“The best way to get a bad law repealed is to enforce it strictly.” Abraham Lincoln, 16th President of the United States
Bromberg J handed down judgment in favour of the plaintiffs in Eatock v Bolt  FCA 1103 this morning. You may recall that I wrote a post while the case was being heard. Bromberg J found that Bolt’s newspaper article contravened s 18C(1) of the Racial Discrimination Act 1975 (Cth), which provides as follows:
(1) It is unlawful for a person to do an act, otherwise than in private, if:
(a) the act is reasonably likely, in all the circumstances, to offend, insult, humiliate or intimidate another person or a group of people; and
(b) the act is done because of the race, colour or national or ethnic origin of the other person or of some or all of the people in the group.
His Honour found that Bolt’s articles were likely to offend, insult, humiliate or intimidate them and that they were written because of the race, colour or ethnic origin of the plaintiffs.
Bolt and the Herald and Weekly Times were not entitled to any of the defences under s 18D of the Act:
Section 18C does not render unlawful anything said or done reasonably and in good faith:
(a) in the performance, exhibition or distribution of an artistic work; or
(b) in the course of any statement, publication, discussion or debate made or held for any genuine academic, artistic or scientific purpose or any other genuine purpose in the public interest; or
(c) in making or publishing:
(i) a fair and accurate report of any event or matter of public interest; or
(ii) a fair comment on any event or matter of public interest if the comment is an expression of a genuine belief held by the person making the comment.
His Honour found that Bolt had not written his articles with care and diligence, and accordingly, that Bolt’s activity was not pursued reasonably and in good faith such that he could rely on any of the defences under s 18D.
The conclusion around the blogging traps, from sites as different as Larvatus Prodeo and Catallaxy, is that the provisions of the Racial Discrimination Act upon which the plaintiffs relied are problematic. I agree. As I have outlined previously, I did not agree with Bolt’s articles and I think that the issue of Aboriginal identity is a very complex one, and attempts to simply reduce a discussion about Aboriginal identity to simple skin colour is utterly wrong-headed. Nonetheless, I am deeply concerned about provisions which seek to prevent people from expressing views simply because such views offend. In my previous post, I said:
…my guiding light determining the reach of the law is John Stuart Mill’s “Harm Principle”: the law can intervene to restrain the actions of an individual if those actions are harmful, but not if they are merely offensive, because the freedom of speech militates that people should be able to express an opinion even if it is offensive. The other thing is that offense is a very subjective concept.
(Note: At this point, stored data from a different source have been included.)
// Making a claim about a polynomial f (docs/RULES.md section 14.4), which `claims::check` accepts. The roots and their
// multiplicities are those of the whole call, by the same engine. The cofactor h is the quotient of f by the product
// of (z + r)^e. It has no root, so h and w, the remainder of z^(2^m) + z by h, have no common factor, and Euclid's
// algorithm gives u and v with u h + v w = 1. It goes by calls: each divides, and makes its own pair from that of the
// divisor and the remainder, so that one product a division gives both u and v. It gives the v of the lowest degree,
// below that of h. Where f splits, h is a constant, v is 0 and u the inverse of h, by the same way. The engine has
// squared z m - 1 times modulo f, and h divides f: w takes one squaring more, and a division.
#![tactic(auto)]

ghost use Rattle.std.specs.Prelude.{◌≡◌, map, ◌≤◌, ◌*◌, length, take};
ghost use Rattle.algebra.specs.Multiplicity.{total};
ghost use Rattle.algebra.specs.Routines.{quo};
ghost use Rattle.refusals.specs.Admitting.{Admits};
ghost use Rattle.field.specs.Field.{G};
ghost use Rattle.poly.specs.Asking.{Scalable};
ghost use Rattle.poly.specs.Lent.{held, log_row};
ghost use Rattle.input.specs.Cutoff.{house_default};
ghost use Rattle.input.specs.Limit.{limit, widest};
ghost use Rattle.input.specs.Polynomials.{polynomial_tests};
ghost use Rattle.claim_rules.specs.Claims.{claim_of};
ghost use Rattle.claims.specs.Checking.{Residue};
ghost use Rattle.find_solve.specs.Solving.{Solvable};
ghost use Rattle.claim_maker.specs.Calls.{Makes, Proves, buffer_sizes};
ghost use Rattle.claim_maker.specs.Making.{Rowable, RootsRow, Quotable, Splittable, SplitOff};
ghost use Rattle.claim_maker.specs.Making.{Reducible, Reduced, Unitable, United, Pairable, Paired};
ghost use Rattle.claim_maker.specs.Making.{Rooted, Powerable, IsPower, Residable, Makeable};

use claims::{add_product, spread_into};
use field::tables::Tables;
use field_tables::constants::{halves_of, tables_of};
use find_multiplicities::multiplicities_lent;
use find_solve::run_table;
use input::{COEFFICIENTS, HOUSE_DEFAULT, LIMIT, POWER_ROWS, admit_room};
use poly::division::{divide, remainder};
use poly::monic::{make_monic, scale, top};
use poly::product::product_over;
use poly::rows::{add_row, log_row};
use poly_powers::power_mod;
use refusals::{Refusal, also};
use table_begin::begin_lent;
use table_finish::finish_lent;
use table_slots::SLOTS;

// The words of a product of two polynomials within the limit.
const PRODUCT: usize = 2 * COEFFICIENTS;

// Lists the roots of f at the front of roots: a table is begun, stepped until it is done, and finished. The rows of z,
// z^2, z^4, .. modulo f are left at the front of rows. Returns how many roots there are.
fn find_roots(
    tables: &Tables,
    f: &[u16],
    halves: &[u16],
    rows: &mut [u16],
    roots: &mut [u16],
) -> u16
    requires { Solvable tables.now.degree house_default f.now halves.now roots.old
        × (widest * limit ≤ length rows.old) }
    ensures { Rooted tables.now.degree f.now roots.old result rows.new roots.new }
{
    let mut table = [0; SLOTS];
    let n = begin_lent(tables, HOUSE_DEFAULT, f, &mut table, rows);
    let e = (tables.degree as usize) * n;
    run_table(tables, HOUSE_DEFAULT, f, n, &rows[..e], &mut table);
    finish_lent(tables, halves, &table, roots) as u16
}

// Writes z^(2^m) + z, reduced by f, to b, where zeros stand: the last of the rows that begin left is squared, and z is
// added.
fn field_power(tables: &Tables, f: &[u16], rows: &[u16], b: &mut [u16])
    requires { Powerable tables.now.degree f.now rows.now b.old }
    ensures { IsPower tables.now.degree f.now b.new }
{
    let mut low = [0; COEFFICIENTS];
    let mut row = [0; LIMIT];
    let n = f.len();
    slices::copy(f, &mut low);
    let d = make_monic(tables, &mut low[..n]) - 1;
    log_row(tables, &low[..d], &mut row[..d]);
    let at = (tables.degree as usize - 1) * d;
    let e = at + d;
    add_row(tables, 1, &rows[at..e], &mut b[..d]);
    power_mod(tables, &row[..d], 1, &mut b[..d]);
    b[1] ^= 1;
}

// Writes the remainder of b by h, which is not 0, to the front of w, and the low coefficients of the monic multiple of
// h to the front of low. Returns how many coefficients each has. What stands in b is used up.
fn residue_by(tables: &Tables, h: &[u16], b: &mut [u16], low: &mut [u16], w: &mut [u16]) -> usize
    requires { Residable tables.now.degree h.now b.old low.old w.old }
    ensures { Residue tables.now.degree h.now result low.new w.new }
{
    let mut row = [0; LIMIT];
    let n = h.len();
    slices::copy(h, low);
    let d = make_monic(tables, &mut low[..n]) - 1;
    log_row(tables, &low[..d], &mut row[..d]);
    remainder(tables, &row[..d], b, &mut w[..d]);
    d
}

// The sum of the multiplicities.
fn sum_of(mults: &[u16]) -> usize
    requires { total mults.now ≤ limit }
    ensures { result ≡ total mults.now }
{
    let mut n = 0;
    for e in mults {
        n += *e as usize;
    }
    n
}

// Writes the row of the product of (z + r)^e, without its leading 1, to the front of row. Returns its degree.
fn roots_row(tables: &Tables, roots: &[u16], mults: &[u16], row: &mut [u16]) -> usize
    requires { Rowable tables.now.degree roots.now mults.now row.old }
    ensures { RootsRow tables.now.degree roots.now mults.now result row.new }
{
    let mut list = [0; LIMIT];
    let mut p = [0; COEFFICIENTS];
    let n = sum_of(mults);
    spread_into(roots, mults, &mut list[..n]);
    product_over(tables, &list[..n], &mut p);
    log_row(tables, &p[..n], &mut row[..n]);
    n
}

// Writes the first coefficients of the quotient of work by the polynomial that the row holds to q, as many as q has.
// What stands in work is used up.
fn quotient_into(tables: &Tables, row: &[u16], work: &mut [u16], q: &mut [u16])
    requires { Quotable tables.now.degree row.now work.old q.old }
    ensures { let m = tables.now.degree in q.new ≡ take (length q.old) (quo (G m) (held m row.now) work.old) }
{
    let n = row.len();
    let e = n + q.len();
    divide(tables, row, work);
    slices::copy(&work[n..e], q);
}

// Writes what is left of f, where z + r is taken out for every root r as often as it divides, to h.
fn split_off(tables: &Tables, f: &[u16], roots: &[u16], mults: &[u16], h: &mut [u16])
    requires { Splittable tables.now.degree f.now roots.now mults.now h.old }
    ensures { SplitOff tables.now.degree f.now h.new }
{
    let mut row = [0; LIMIT];
    let mut work = [0; PRODUCT];
    let n = roots_row(tables, roots, mults, &mut row);
    slices::copy(f, &mut work);
    quotient_into(tables, &row[..n], &mut work, h);
}

// Writes the row of p times c.
fn scaled_row(tables: &Tables, c: u16, p: &[u16], row: &mut [u16])
    requires { Scalable tables.now.degree c p.now × (length p.now ≡ length row.old) }
    ensures { let m = tables.now.degree in row.new ≡ log_row m (map ((G m).mul c) p.now) }
{
    let logs = tables.logs;
    let antilogs = tables.antilogs;
    let s = logs[c as usize] as usize;
    for i in 0..p.len() {
        let x = antilogs[s + logs[p[i] as usize] as usize] as usize;
        row[i] = logs[x];
    }
}

// Divides a by b, whose last coefficient is not 0: the remainder takes the low places of a, as many as the degree of b,
// and the quotient the others.
fn reduce(tables: &Tables, b: &[u16], a: &mut [u16])
    requires { Reducible tables.now.degree b.now a.old }
    ensures { Reduced tables.now.degree b.now a.old a.new }
{
    let mut row = [0; LIMIT];
    let n = b.len() - 1;
    let c = tables.inverse(b[n]);
    scaled_row(tables, c, &b[..n], &mut row[..n]);
    divide(tables, &row[..n], a);
    scale(tables, c, &mut a[n..]);
}

// Writes x and y with x a + y b = 1, of a and b that have no common factor, the last coefficient of b not 0. With the
// quotient q and the remainder r of a by b, x and y of b and r come first: then x a + (y + q x) b = 1. What stands in a
// and b is used up.
fn unite(tables: &Tables, a: &mut [u16], b: &mut [u16], x: &mut [u16], y: &mut [u16])
    requires { Unitable tables.now.degree a.old b.old x.old y.old }
    ensures { United tables.now.degree a.old b.old x.new y.new }
{
    let n = b.len() - 1;
    if n == 0 {
        slices::clear(x);
        slices::clear(y);
        y[0] = tables.inverse(b[0]);
        return;
    }
    reduce(tables, b, a);
    let j = top(&a[..n]);
    unite(tables, b, &mut a[..j], y, x);
    add_product(tables, &a[n..], &x[..n], y);
}

// Writes u and v with u h + v w = 1, where h has no root, and b is z^(2^m) + z modulo h. What stands in b is used up.
fn pair(tables: &Tables, h: &[u16], b: &mut [u16], u: &mut [u16], v: &mut [u16])
    requires { Pairable tables.now.degree h.now b.old u.old v.old }
    ensures { Paired tables.now.degree h.now u.new v.new }
{
    let mut p = [0; COEFFICIENTS];
    let mut w = [0; LIMIT];
    let d = residue_by(tables, h, b, &mut p, &mut w);
    let e = d + 1;
    slices::copy(h, &mut p);
    unite(tables, &mut w[..d], &mut p[..e], v, u);
}

// Makes the claim about an accepted polynomial. Returns the number of roots.
fn make(
    tables: &Tables,
    f: &[u16],
    roots: &mut [u16],
    mults: &mut [u16],
    h: &mut [u16],
    u: &mut [u16],
    v: &mut [u16],
) -> u16
    requires { Makeable tables.now.degree f.now (claim_of roots.old mults.old h.old u.old v.old) }
    ensures { Makes tables.now.degree f.now result
        (claim_of roots.old mults.old h.old u.old v.old)
        (claim_of roots.new mults.new h.new u.new v.new) }
{
    let halves = halves_of(tables.degree);
    let mut rows = [0; POWER_ROWS];
    let mut b = [0; COEFFICIENTS];
    let n = find_roots(tables, f, halves, &mut rows, roots);
    let e = n as usize;
    multiplicities_lent(tables, f, &roots[..e], mults);
    split_off(tables, f, &roots[..e], &mults[..e], &mut h[..COEFFICIENTS]);
    field_power(tables, f, &rows, &mut b);
    pair(
        tables,
        &h[..COEFFICIENTS],
        &mut b,
        &mut u[..COEFFICIENTS],
        &mut v[..COEFFICIENTS],
    );
    n
}

// Refusals 1 to 5, and 7 of each of the five buffers.
fn admit(
    m: u16,
    f: &[u16],
    roots: usize,
    mults: usize,
    h: usize,
    u: usize,
    v: usize,
) -> Result<(), Refusal>
    ensures { Admits (polynomial_tests m f.now (buffer_sizes roots mults h u v)) result }
{
    let first = also(
        admit_room(m, f, roots < LIMIT),
        mults < LIMIT,
        Refusal::Room,
    );
    let second = also(first, h < COEFFICIENTS, Refusal::Room);
    let third = also(second, u < COEFFICIENTS, Refusal::Room);
    also(third, v < COEFFICIENTS, Refusal::Room)
}

// Makes the claim about the polynomial f over the field of degree m that has all its roots: fills the roots, beside
// each its multiplicity, the cofactor h, and u and v. Returns the number of roots.
// kept: (d) as one struct the five `&mut` lists are lent twice, with an old and a new of the struct and of each list
pub fn prove(
    m: u16,
    f: &[u16],
    roots: &mut [u16],
    mults: &mut [u16],
    h: &mut [u16],
    u: &mut [u16],
    v: &mut [u16],
) -> Result<u16, Refusal>
    ensures { Proves m f.now
        (claim_of roots.old mults.old h.old u.old v.old) result
        (claim_of roots.new mults.new h.new u.new v.new) }
{
    admit(m, f, roots.len(), mults.len(), h.len(), u.len(), v.len())?;
    Ok(make(&tables_of(m), f, roots, mults, h, u, v))
}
So someone may fall foul of this law because they offended another, but they had no intention to do so.
No, it’s not pleasant to be offended and personally attacked. I can understand why the plaintiffs were hurt. However, I fundamentally do not believe that this is the kind of conduct which the law should regulate. Part and parcel of the right of free speech is that people may be offended and hurt in the rough and tumble of exchange of views. The law of defamation deals with public statements which harm reputation, and I think that this is where the limit of law should lie (subject to defences). The 2005 amendments to the Racial Discrimination Act should be removed.
Ultimately, too, I wonder whether this action will be counterproductive. Now the plaintiffs have made a martyr out of Bolt and given his comments a prominence and credence which they never had before (I had not read them at the time, I assure you). I suspect there will be an appeal, in any case. I’ll come back with further comments when I have read the judgment more fully (at the moment I have just skimmed it).
Thanks to David Barrow for tipping me off about the imminent judgment.
Update: Sinclair Davison’s piece at The Conversation makes some similar points (although we differ quite fundamentally on whether the market is adequate to deal with this issue).
Update 2: Mark Bahnisch at Sed probate spiritus in favour of the decision.